Figure 4. Functional validation of candidate genes in Groups IV, X, XI, and XII required for differentiation of ESCs toward HSPCs.

Figure 4

  1. The E14tg2a ESCs were transduced with lentiviral shRNAs targeting genes Esrra, S100a8, or Hcfc2 and induced to form EBs. The day 6 EB cells were analyzed by flow cytometry to measure the mesoderm/endothelium cells (Flk1+/Cxcr4) and endoderm cells (Cxcr4+/Flk1). The percentages of mesoderm/endothelium cells (Flk1+/Cxcr4) were decreased on day 6 with shRNA knockdown of Group XII genes Esrra, S100a8, and Hcfc2 compared to control as quantified by flow cytometric analysis.
  2. Knockdown of Esrra, S100a8, and Hcfc2 showed that the ratios of percentage of mesoderm/endothelium population vs. endoderm population were decreased as measured by Flk1+/Cxcr4 vs. Flk1/Cxcr4+ on day 6. The data were generated based on the quantification of flow cytometric analyses. Error bars represent standard deviation (SD), n = 2. Student's t‐test, *P < 0.05.
  3. The E14tg2a ESCs were transduced with lentiviral shRNAs targeting genes Atp5g3, Bub1b, Eci1, or Dis3l and induced to form EBs. The day 6 EB cells were analyzed by flow cytometry to measure the mesoderm/endothelium cells (Flk1+/Cxcr4) and endoderm cells (Cxcr4+/Flk1). Flow cytometric analysis showed that endoderm cells (Cxcr4+/Flk1) were deceased while mesoderm/endothelium cells (Flk1+/Cxcr4) were slightly increased in the cells with shRNA knockdown of Group XI genes Atp5g3, Bub1b, Eci1, and Dis3l compared to control.
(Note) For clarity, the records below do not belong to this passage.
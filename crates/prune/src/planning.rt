// What is to be written.
ghost use Rattle.std.specs.Prelude.{length};
ghost use Rattle.workspaces.specs.Reach.{AreBelow};
ghost use Rattle.workspaces.specs.Space.{owners};
ghost use Rattle.repository.specs.Reading.{contents_of};
ghost use Rattle.prune.specs.Steps.{KeepsFor, IsTaken, GivesText, PlansOf, Plans};

use crate::PruneErr;
use crate::out_folder::first_below_out;
use kept_packages::{KeptErr, kept};
use pruned_files::{CutErr, cut_lock, layer_paths, pruned_paths};
use rel_path::{Bytes, Paths, Places, RelPath, Texts};
use repository::Repository;
use std::alloc::Global;

/// What is to be written: the paths of the files that stay, those that an installation needs, and the text of the cut
/// lockfile; and the owners that stay.
#[derive(Drop)]
pub(crate) struct Plan {
    pub kept: Places,
    pub paths: Paths,
    pub layer: Paths,
    pub text: Option<Bytes>,
}

/// The owners that stay, or why none do.
fn kept_for(alloc: Global, targets: &Texts, repository: &Repository) -> Result<Places, PruneErr>
    ensures { KeepsFor (contents_of repository.now) targets.now result }
{
    match kept(alloc, targets, repository) {
        Ok(places) => Ok(places),
        Err(KeptErr::NoPackage { name }) => Err(PruneErr::NoPackage { name }),
        Err(KeptErr::OutOfMemory) => Err(PruneErr::OutOfMemory),
    }
}

fn out_taken(path: &RelPath) -> PruneErr
    ensures { IsTaken path.now result }
{
    match path.copy() {
        Ok(path) => PruneErr::OutTaken { path },
        Err(_) => PruneErr::OutOfMemory,
    }
}

/// The text of the cut lockfile.
fn lock_text(
    alloc: Global,
    repository: &Repository,
    kept: &Places,
) -> Result<Option<Bytes>, PruneErr>
    requires { AreBelow (length (owners repository.now.packages)) kept.now }
    ensures { GivesText (contents_of repository.now) kept.now result }
{
    match cut_lock(alloc, repository, kept) {
        Ok(text) => Ok(text),
        Err(CutErr::Missing { from, name }) => Err(PruneErr::Missing { from, name }),
        Err(CutErr::OutOfMemory) => Err(PruneErr::OutOfMemory),
    }
}

/// What is to be written where these owners stay.
fn plan_of(alloc: Global, repository: &Repository, kept: Places) -> Result<Plan, PruneErr>
    requires { AreBelow (length (owners repository.now.packages)) kept }
    ensures { PlansOf (contents_of repository.now) kept result }
{
    let text = match lock_text(alloc, repository, &kept) {
        Ok(text) => text,
        Err(e) => return Err(e),
    };
    let paths = match pruned_paths(alloc, repository, &kept) {
        Ok(paths) => paths,
        Err(_) => return Err(PruneErr::OutOfMemory),
    };
    match layer_paths(alloc, repository, &kept, &paths) {
        Ok(layer) => Ok(Plan {
            kept,
            paths,
            layer,
            text,
        }),
        Err(_) => Err(PruneErr::OutOfMemory),
    }
}

/// What is to be written. `NoPackage` names the first target that is no package, `OutTaken` the first walked file below
/// `out`, `Missing` the first name that the lockfile lacks.
pub(crate) fn plan_for(
    alloc: Global,
    targets: &Texts,
    repository: &Repository,
) -> Result<Plan, PruneErr>
    ensures { Plans (contents_of repository.now) targets.now result }
{
    let kept = match kept_for(alloc, targets, repository) {
        Ok(kept) => kept,
        Err(e) => return Err(e),
    };
    match first_below_out(repository.walk.as_slice()) {
        Some(path) => Err(out_taken(path)),
        None => plan_of(alloc, repository, kept),
    }
}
  4. Knockdown of Atp5g3, Bub1b, Eci1, or Dis3l led to increase of mesoderm/endothelium/endoderm population ratio as quantified based on the flow cytometry data. Error bars represent standard deviation (SD), n = 3. Student's t‐test, *P < 0.05.
  5. The E14tg2a ESCs were transduced with lentiviral shRNAs targeting genes Wbp5, Rbm26, Gdpd4, and Nrxn1 and differentiated toward HSPCs. The differentiated cells on day 20 were analyzed by flow cytometry. Silencing of Group IV genes including Wbp5, Rbm26, Gdpd4, and Nrxn1 decreased overall LK, LS, and LSK population on day 20.
  6. Quantification of LK + LSK + LS cell fractions with Wbp5, Rbm26, Gdpd4, and Nrxn1 silencing based on flow cytometric analyses. Error bars represent standard deviation (SD), n = 2. Student's t‐test, *P < 0.05.
  7. The E14tg2a ESCs were transduced with lentiviral shRNAs targeting genes Ap2a1, Mettl22, Lrsam1, or Hal and differentiated toward HSPCs. The differentiated cells on day 20 were analyzed by flow cytometry. Flow cytometric analysis showed notable reduction of LSK population on day 20 with Group X genes Ap2a1, Mettl22, Lrsam1, or Hal knockdown.
  8. Quantification of flow cytometric analyses showed knockdown of Ap2a1, Mettl22, Lrsam1, and Hal significantly impaired generation of LSK population on day 20 in vitro compared to control. Error bars represent standard deviation (SD), n = 3. Student's t‐test, *P < 0.05.